There's not much of a plot. The attraction is all in Alison's quirky voice, caustic humor, and sharp monologues/dialogues. What plot there is goes like this: Alison's latest fling, Skip Pendleton (probably the most arrogant yuppy in Manhanttan), gives her name out to all his friends, who begin calling her up for a good time. Although Alison is a good-time girl (her motto is "You can't rape the willing"), it irks her that Skip gave her name and number out like that. On the rebound, she meets Dean, with whom she begins to fall in love, or at least lust. But it turns out that Dean knows Skip (small world), and the relationship turns complicated. Most of the book deals with Alison and Dean's love life, as well as Alison's crazy circle of drug addicted girlfriends. Alison is lost in hedonism -- will she find her way out? Don't bet on it.

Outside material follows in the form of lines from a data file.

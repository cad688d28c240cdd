ghost use Rattle.std.specs.Prelude.{◌≡◌, IfOk, map};
ghost use Rattle.contract_frames.specs.Holding.{Answers, all_true, broken_by, fault_of, first_fault, is_true, judged};

use crate::FrameFault;
use ocl_core::ContractNo;
use ocl_eval::Outcome;
use ocl_values::Value;
use std::alloc::{AllocError, Global};
use use_lists::Items;

/// What a condition's value counts as: true, false, null or invalid.
pub fn judged(value: &Value) -> Value
    ensures { result ≡ judged value.now }
{
    match value {
        Value::Bool(holds) => Value::Bool(*holds),
        Value::Null => Value::Null,
        _ => Value::Invalid,
    }
}

pub fn is_true(value: &Value) -> bool
    ensures { result ≡ is_true value.now }
{
    match value {
        Value::Bool(holds) => *holds,
        _ => false,
    }
}

/// Why a condition of this value is broken.
fn broken_by(number: ContractNo, value: &Value) -> Option<FrameFault>
    ensures { result ≡ broken_by number value.now }
{
    if is_true(value) {
        None
    } else {
        Some(FrameFault::Broken(number, judged(value)))
    }
}

/// Why a condition of this outcome does not hold.
fn fault_of(number: ContractNo, outcome: &Outcome) -> Option<FrameFault>
    ensures { result ≡ fault_of number outcome.now }
{
    match outcome {
        Outcome::Done(value) => broken_by(number, value),
        Outcome::Exhausted => Some(FrameFault::Over(number)),
    }
}

/// Why the first contract is broken that is not true.
pub fn first_fault(outcomes: &[(ContractNo, Outcome)]) -> Option<FrameFault>
    ensures { result ≡ first_fault outcomes.now }
{
    'outcomes: for outcome in outcomes {
        let fault = fault_of(outcome.0, &outcome.1);
        if fault.is_some() {
            return fault;
        }
    }
    None
}

/// The numbers of some contracts.
fn numbers_of(
    alloc: Global,
    outcomes: &[(ContractNo, Outcome)],
) -> Result<Items<ContractNo>, AllocError>
    ensures { IfOk result (λ ns. ns ≡ map (λ o. o.0) outcomes.now) }
{
    let mut numbers = Items::new(alloc);
    'outcomes: for outcome in outcomes {
        numbers.push(outcome.0)?;
    }
    Ok(numbers)
}

/// The numbers of contracts that are all true, or the first that is not.
pub fn all_true(
    alloc: Global,
    outcomes: &[(ContractNo, Outcome)],
) -> Result<Items<ContractNo>, FrameFault>
    ensures { Answers (all_true outcomes.now) result }
{
    match first_fault(outcomes) {
        Some(fault) => Err(fault),
        None => Ok(numbers_of(alloc, outcomes)?),
    }
}
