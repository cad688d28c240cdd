ghost use Rattle.std.specs.Prelude.{◌≡◌, ◌++◌, All, IfOk, OnOk};
ghost use Rattle.std.specs.Option.{option_copied};
ghost use Rattle.ocl_values.specs.Shape.{IsWellMade};
ghost use Rattle.contract_frames.specs.Judging.{bound_after, bound_before, result_if};
ghost use Rattle.contract_frames.specs.Entering.{IsCall};

use class_model::OclType;
use entry_states::Call;
use ocl_eval::Env;
use ocl_program::Program;
use ocl_values::Value;
use std::alloc::{AllocError, Global};
use use_lists::Items;
use use_orders::copied;

/// What is bound before a call: the receiver and the arguments.
pub fn bound_before(alloc: Global, call: &Call) -> Result<Env, AllocError>
    requires { All IsWellMade call.now.args }
    ensures { IfOk result (λ env. env ≡ bound_before call.now) }
{
    let mut values = Vec::new(alloc);
    values.push(Value::Obj(call.receiver))?;
    let mut args = copied(alloc, call.args.as_slice())?;
    values.append(&mut args)?;
    Ok(Env::new(Items::from_vec(values)))
}

/// Binds the value that a call gave, where its operation has a result.
fn bind_result(
    alloc: Global,
    result_type: Option<&OclType>,
    given: &Value,
    env: &mut Env,
) -> Result<(), AllocError>
    requires { IsWellMade given.now }
    ensures { OnOk result (env.new ≡ env.old ++ result_if (option_copied result_type.entry) given.now) }
{
    match result_type {
        None => Ok(()),
        Some(_) => env.push(given.try_copy(alloc)?),
    }
}

/// What is bound after a call: the receiver, the arguments, and where the operation has a result the
/// value that the call gave.
pub(crate) fn bound_after(
    alloc: Global,
    program: &Program,
    call: &Call,
    given: &Value,
) -> Result<Env, AllocError>
    requires call { IsCall program.now call.now }
    requires given { IsWellMade given.now }
    ensures { IfOk result (λ env. env ≡ bound_after program.now.model call.now given.now) }
{
    let mut env = bound_before(alloc, call)?;
    bind_result(alloc, program.model().op_result(call.op), given, &mut env)?;
    Ok(env)
}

In one of those bizarre twists where real life gets stranger than fiction, the character Alison Poole is based on the woman who is now infamous for being presidential hopeful John Edwards' mistress (Rielle Hunter). I liked BRIGHT LIGHTS, BIG CITY and BRIGHTNESS FALLS, so I decided to give STORY OF MY LIFE a try, more for the author than the scandal. I'm glad I did; it's hilarious, although not a very deep book. It has lots of adult content, foreshadowing the scandal in vivid detail. Alison Poole also shows up in AMERICAN PSYCHO and GLAMORAMA, novels authored by McInerney's friend, Bret Easton Ellis. Clearly, they hung out around some of the same people.